The intrinsic radiosensitivity of some human tumor cells throughout their cell cycles.

The intrinsic radiosensitivity of tumor cells is most frequently reported for asynchronous populations, although cell cycle variation in radiosensitivity is known to be significant. Linear-quadratic analyses of survival data for asynchronous human tumor cells show wide variations in the alpha coefficient with smaller variations in the beta coefficient.
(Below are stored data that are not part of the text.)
use kadm_commands::{
    KeyShown, KeysShown, MasterRow, MasterRows, NameList, PrincShown, PurgeRow, PurgeRows, Reply,
    Totals,
};
use kadm_replies::{print_refusal, print_reply};
use kdb_base::{
    Blob, Etype, Extract, ExtractList, Field, MemoryOut, PlainKey, Point, Refusal, Time,
};
use policy_rules::Policy;
use serving_versions::Cause;
use std::alloc::Global;
use std::process::Abort;
use std::test::*;
use tagged_data::{StringAttribute, StringAttributes};

fn point(sno: u32, secs: u32) -> Point {
    Point {
        sno,
        time: Time::new(secs, 0),
    }
}

fn two_keys(alloc: Global) -> Result<KeysShown, MemoryOut> {
    let mut keys = Vec::new(alloc);
    for etype in [Etype::Aes256, Etype::Aes128] {
        keys.push(KeyShown {
            kvno: 1,
            etype,
            special: false,
        })?;
    }
    Ok(KeysShown::from_vec(keys))
}

fn alice(alloc: Global) -> Result<PrincShown, MemoryOut> {
    Ok(PrincShown {
        name: Blob::from_bytes(alloc, b"alice@EXAMPLE.ORG")?,
        expire: 0,
        pw_expire: 0,
        pw_changed: Some(1_700_000_000),
        max_life: 0,
        max_renew: 0,
        modified: 1_700_000_000,
        modifier: Blob::from_bytes(alloc, b"admin/local@EXAMPLE.ORG")?,
        mkvno: 1,
        attributes: 0,
        policy: None,
        keys: two_keys(alloc)?,
    })
}

const ALICE: &str = "- principal alice@EXAMPLE.ORG
- expires never
- pwexpires never
- pwchanged 2023-11-14T22:13:20Z
- maxlife 0
- maxrenewlife 0
- modified 2023-11-14T22:13:20Z admin/local@EXAMPLE.ORG
- mkvno 1
- flags none
- policy -
- key 1 aes256-cts-hmac-sha1-96 normal
- key 1 aes128-cts-hmac-sha1-96 normal
ok
";

fn one_key(alloc: Global) -> Result<KeysShown, MemoryOut> {
    let mut keys = Vec::new(alloc);
    keys.push(KeyShown {
        kvno: 12,
        etype: Etype::Aes256Sha2,
        special: true,
    })?;
    Ok(KeysShown::from_vec(keys))
}

fn bob(alloc: Global) -> Result<PrincShown, MemoryOut> {
    let policy = Blob::from_bytes(alloc, b"std")?;
    let keys = one_key(alloc)?;
    let mut princ = alice(alloc)?;
    princ.pw_changed = None;
    princ.attributes = 0xc0;
    princ.policy = Some(policy);
    princ.keys = keys;
    Ok(princ)
}

const BOB: &str = "- principal alice@EXAMPLE.ORG
- expires never
- pwexpires never
- pwchanged never
- maxlife 0
- maxrenewlife 0
- modified 2023-11-14T22:13:20Z admin/local@EXAMPLE.ORG
- mkvno 1
- flags -allow_tix +requires_preauth
- policy std
- key 12 aes256-cts-hmac-sha384-192 special
ok
";

fn is_text(alloc: Global, reply: &Reply, expected: &str) -> Result<bool, MemoryOut> {
    let text = print_reply(alloc, reply)?;
    Ok(text.as_slice() == expected.as_bytes())
}

// The same of a reply that is given away.
fn prints(alloc: Global, reply: Reply, expected: &str) -> Result<bool, MemoryOut> {
    is_text(alloc, &reply, expected)
}

fn shows(alloc: Global, princ: PrincShown, expected: &str) -> Result<bool, MemoryOut> {
    prints(alloc, Reply::Shown(princ), expected)
}

fn shows_alice(alloc: Global) -> Result<bool, MemoryOut> {
    let princ = alice(alloc)?;
    shows(alloc, princ, ALICE)
}

fn shows_bob(alloc: Global) -> Result<bool, MemoryOut> {
    let princ = bob(alloc)?;
    shows(alloc, princ, BOB)
}

#[test]
fn principals(rt: HostRuntime) -> Result<(), Fail> {
    let alloc = rt.alloc();
    assert!(rt; shows_alice(alloc)?);
    assert!(rt; shows_bob(alloc)?);
    Ok(())
}

fn is_done(alloc: Global) -> Result<bool, MemoryOut> {
    let reply = Reply::Done(point(2, 1_700_000_000));
    prints(alloc, reply, "ok 2 1700000000.000000\n")
}

fn is_added(alloc: Global) -> Result<bool, MemoryOut> {
    let reply = Reply::MasterAdded(point(3, 1_700_000_000), 2);
    prints(alloc, reply, "ok 3 1700000000.000000 mkvno 2\n")
}

fn is_used(alloc: Global) -> Result<bool, MemoryOut> {
    let reply = Reply::MasterUsed(point(5, 1_700_000_000), 3, 1_700_003_600);
    let text = "ok 5 1700000000.000000 mkvno 3 from 2023-11-14T23:13:20Z\n";
    prints(alloc, reply, text)
}

fn is_rekeyed(alloc: Global) -> Result<bool, MemoryOut> {
    let totals = Totals {
        updated: 3,
        already: 0,
        gone: 1,
    };
    let text = "ok 3 principals processed: 3 updated, 0 already current, 1 gone\n";
    prints(alloc, Reply::Rekeyed(totals), text)
}

#[test]
fn changes(rt: HostRuntime) -> Result<(), Fail> {
    let alloc = rt.alloc();
    assert!(rt; is_done(alloc)?);
    assert!(rt; is_added(alloc)?);
    assert!(rt; is_used(alloc)?);
    assert!(rt; is_rekeyed(alloc)?);
    assert!(rt; prints(alloc, Reply::Stashed, "ok\n")?);
    Ok(())
}

fn master(version: u16, secs: Option<u32>, active: bool) -> MasterRow {
    MasterRow {
        version,
        etype: Etype::Aes256,
        secs,
        active,
    }
}

const MASTERS: &str = "- 1 aes256-cts-hmac-sha1-96 2023-11-14T22:13:20Z *
ok
";

const WAITING: &str = "- 2 aes256-cts-hmac-sha1-96 -
ok
";

const PURGED: &str = "- purged 2
ok 9 1700003600.000000 1 purged
";

const KEPT: &str = "- kept 3 protects 3
ok 0 purged
";

fn one_master(alloc: Global, row: MasterRow) -> Result<Reply, MemoryOut> {
    let mut rows = Vec::new(alloc);
    rows.push(row)?;
    Ok(Reply::MastersListed(MasterRows::from_vec(rows)))
}

fn lists(alloc: Global, row: MasterRow, expected: &str) -> Result<bool, MemoryOut> {
    let reply = one_master(alloc, row)?;
    prints(alloc, reply, expected)
}

#[test]
fn masters(rt: HostRuntime) -> Result<(), Fail> {
    let alloc = rt.alloc();
    assert!(rt; lists(alloc, master(1, Some(1_700_000_000), true), MASTERS)?);
    assert!(rt; lists(alloc, master(2, None, false), WAITING)?);
    Ok(())
}

fn one_purged(
    alloc: Global,
    point: Option<Point>,
    version: u16,
    cause: Option<Cause>,
) -> Result<Reply, MemoryOut> {
    let mut rows = Vec::new(alloc);
    rows.push(PurgeRow { version, cause })?;
    Ok(Reply::MastersPurged(point, PurgeRows::from_vec(rows)))
}

fn is_purged(alloc: Global) -> Result<bool, MemoryOut> {
    let reply = one_purged(alloc, Some(point(9, 1_700_003_600)), 2, None)?;
    prints(alloc, reply, PURGED)
}

fn is_kept(alloc: Global) -> Result<bool, MemoryOut> {
    let reply = one_purged(alloc, None, 3, Some(Cause::Protects(3)))?;
    prints(alloc, reply, KEPT)
}

#[test]
fn purges(rt: HostRuntime) -> Result<(), Fail> {
    let alloc = rt.alloc();
    assert!(rt; is_purged(alloc)?);
    assert!(rt; is_kept(alloc)?);
    Ok(())
}

#[test]
fn names(rt: HostRuntime) -> Result<(), Fail> {
    let alloc = rt.alloc();
    let mut names = Vec::new(alloc);
    names.push(Blob::from_bytes(alloc, b"a@R")?)?;
    let listed = Reply::Listed(NameList::from_vec(names));
    assert!(rt; is_text(alloc, &listed, "- a@R\nok\n")?);
    Ok(())
}

fn age(alloc: Global) -> Result<StringAttribute, MemoryOut> {
    Ok(StringAttribute {
        key: Blob::from_bytes(alloc, b"age")?,
        value: Blob::from_bytes(alloc, b"")?,
    })
}

#[test]
fn strings(rt: HostRuntime) -> Result<(), Fail> {
    let alloc = rt.alloc();
    let mut attributes = Vec::new(alloc);
    attributes.push(age(alloc)?)?;
    let strings = Reply::Strings(StringAttributes::from_vec(attributes));
    assert!(rt; is_text(alloc, &strings, "- age \nok\n")?);
    Ok(())
}

fn one_extracted(alloc: Global) -> Result<Reply, MemoryOut> {
    let mut keys = Vec::new(alloc);
    keys.push(Extract {
        kvno: 2,
        key: PlainKey::from_bytes(Etype::Aes128, b"\x00\x0a\xff3456789abcdef"),
    })?;
    Ok(Reply::Extracted(ExtractList::from_vec(keys)))
}

#[test]
fn extracts(rt: HostRuntime) -> Result<(), Fail> {
    let extracted = one_extracted(rt.alloc())?;
    let text = "- key 2 aes128-cts-hmac-sha1-96 000aff33343536373839616263646566\nok\n";
    assert!(rt; prints(rt.alloc(), extracted, text)?);
    Ok(())
}

#[test]
fn policies(rt: HostRuntime) -> Result<(), Fail> {
    let alloc = rt.alloc();
    let policy = Policy::new(Blob::from_bytes(alloc, b"std")?, 0, 86_400, 8, 3, 2);
    let text =
        "- policy std\n- maxlife 0\n- minlife 86400\n- minlength 8\n- minclasses 3\n- history 2\nok\n";
    assert!(rt; is_text(alloc, &Reply::PolicyShown(policy), text)?);
    Ok(())
}

fn tells(alloc: Global, letters: &[u8], expected: &str) -> Result<bool, MemoryOut> {
    let letters = Blob::from_bytes(alloc, letters)?;
    prints(alloc, Reply::Privileges(letters), expected)
}

#[test]
fn privileges(rt: HostRuntime) -> Result<(), Fail> {
    let alloc = rt.alloc();
    assert!(rt; tells(alloc, b"a", "- privileges a\nok\n")?);
    assert!(rt; tells(alloc, b"", "- privileges -\nok\n")?);
    Ok(())
}

const REFUSALS: [(Refusal, &str); 35] = [
    (Refusal::BadLine, "err 1 BadLine\n"),
    (Refusal::BadName { offset: 7 }, "err 2 BadName 7\n"),
    (Refusal::Duplicate, "err 3 Duplicate\n"),
    (Refusal::UnknownPrincipal, "err 4 UnknownPrincipal\n"),
    (Refusal::UnknownPolicy, "err 5 UnknownPolicy\n"),
    (Refusal::PolicyInUse { count: 3 }, "err 6 PolicyInUse 3\n"),
    (Refusal::Denied { line: 0 }, "err 7 Denied 0\n"),
    (Refusal::Protected, "err 8 Protected\n"),
    (Refusal::PassTooShort, "err 9 PassTooShort\n"),
    (Refusal::PassClasses, "err 10 PassClasses\n"),
    (Refusal::PassReused, "err 11 PassReused\n"),
    (
        Refusal::PassTooSoon { until: 951_827_445 },
        "err 12 PassTooSoon 2000-02-29T12:30:45Z\n",
    ),
    (
        Refusal::PassTooSoon { until: 0 },
        "err 12 PassTooSoon never\n",
    ),
    (
        Refusal::BadValue {
            field: Field::MaxRenewLife,
        },
        "err 13 BadValue maxrenewlife\n",
    ),
    (
        Refusal::RecordTooLarge {
            size: 4_294_967_296,
        },
        "err 14 RecordTooLarge 4294967296\n",
    ),
    (
        Refusal::TooManyMasters { limit: 4 },
        "err 15 TooManyMasters 4\n",
    ),
    (
        Refusal::UnknownMaster { version: 9 },
        "err 16 UnknownMaster 9\n",
    ),
    (Refusal::NoActiveMaster, "err 17 NoActiveMaster\n"),
    (Refusal::StashMissing, "err 18 StashMissing\n"),
    (Refusal::StashWrong, "err 19 StashWrong\n"),
    (Refusal::NotADatabase, "err 20 NotADatabase\n"),
    (Refusal::AlreadyThere, "err 21 AlreadyThere\n"),
    (
        Refusal::Damaged { file: 2, place: 40 },
        "err 22 Damaged 2 40\n",
    ),
    (Refusal::TimeEnd, "err 23 TimeEnd\n"),
    (Refusal::DumpBad { line: 5 }, "err 24 DumpBad 5\n"),
    (Refusal::Busy, "err 25 Busy\n"),
    (Refusal::Closed, "err 26 Closed\n"),
    (Refusal::LineTooLong, "err 27 LineTooLong\n"),
    (Refusal::KeysFull, "err 28 KeysFull\n"),
    (
        Refusal::RowsFull { limit: 100_000 },
        "err 29 RowsFull 100000\n",
    ),
    (
        Refusal::StringsFull { limit: 16 },
        "err 30 StringsFull 16\n",
    ),
    (Refusal::UnknownString, "err 31 UnknownString\n"),
    (Refusal::LockedDown, "err 32 LockedDown\n"),
    (Refusal::BadKeytab { place: 14 }, "err 33 BadKeytab 14\n"),
    (Refusal::UnknownEntry, "err 34 UnknownEntry\n"),
];

fn check_refusal(
    rt: &impl Abort,
    alloc: Global,
    refusal: &Refusal,
    expected: &str,
) -> Result<(), Fail> {
    let text = print_refusal(alloc, refusal)?;
    assert_eq!(rt; text.as_slice(), expected.as_bytes());
    Ok(())
}

fn refused(alloc: Global, refusal: Refusal) -> Result<Blob, MemoryOut> {
    let reply = Reply::Refused(refusal);
    print_reply(alloc, &reply)
}

#[test]
fn refusals(rt: HostRuntime) -> Result<(), Fail> {
    for (refusal, expected) in REFUSALS {
        check_refusal(&rt, rt.alloc(), &refusal, expected)?;
    }
    let text = refused(rt.alloc(), Refusal::Protected)?;
    assert_eq!(rt; text.as_slice(), b"err 8 Protected\n".as_slice());
    Ok(())
}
HT-29 (colon), OVCAR10 (ovary) and A2780 (ovary) tumor cells with alpha coefficients of 0.03, 0.16 and 0.47 Gy(-1), respectively, and square-root of beta coefficients of 0.23-0.27 Gy(-1) for asynchronous populations were amenable to synchronization by mitotic selection. Selection procedures were optimized for each cell line and produced mitotic populations of >90%, approximately 80% and approximately 65% purity for HT-29, OVCAR10 and A2780 cells, respectively. Mitotic cells from each line exhibited similar and maximum radiosensitivities with alpha coefficients of approximately 1.3 Gy(-1) after irradiation with 137Cs gamma rays and after correction for genome multiplicity. Their relative radiosensitivities observed with asynchronous cells were maintained as they progressed through interphase of the cell cycle. All cells in early G1 phase exhibited a marked radioresistance relative to their sensitivity in mitosis, and maximum interphase radiosensitivity was observed near the G1/S-phase boundary. All cells became increasingly radioresistant as they moved through S phase, the effect being most pronounced for OVCAR10 cells and least pronounced for A2780 cells. HT-29 cells remained relatively radioresistant in G2 phase. The different interphase radiosensitivities observed for these cell lines were determined mainly by the single-hit inactivation mechanism. These studies clearly demonstrate the dominant role of single-hit inactivation in determining the intrinsic radiosensitivity of human tumor cells to 137Cs gamma rays, especially at doses of 2 Gy and less.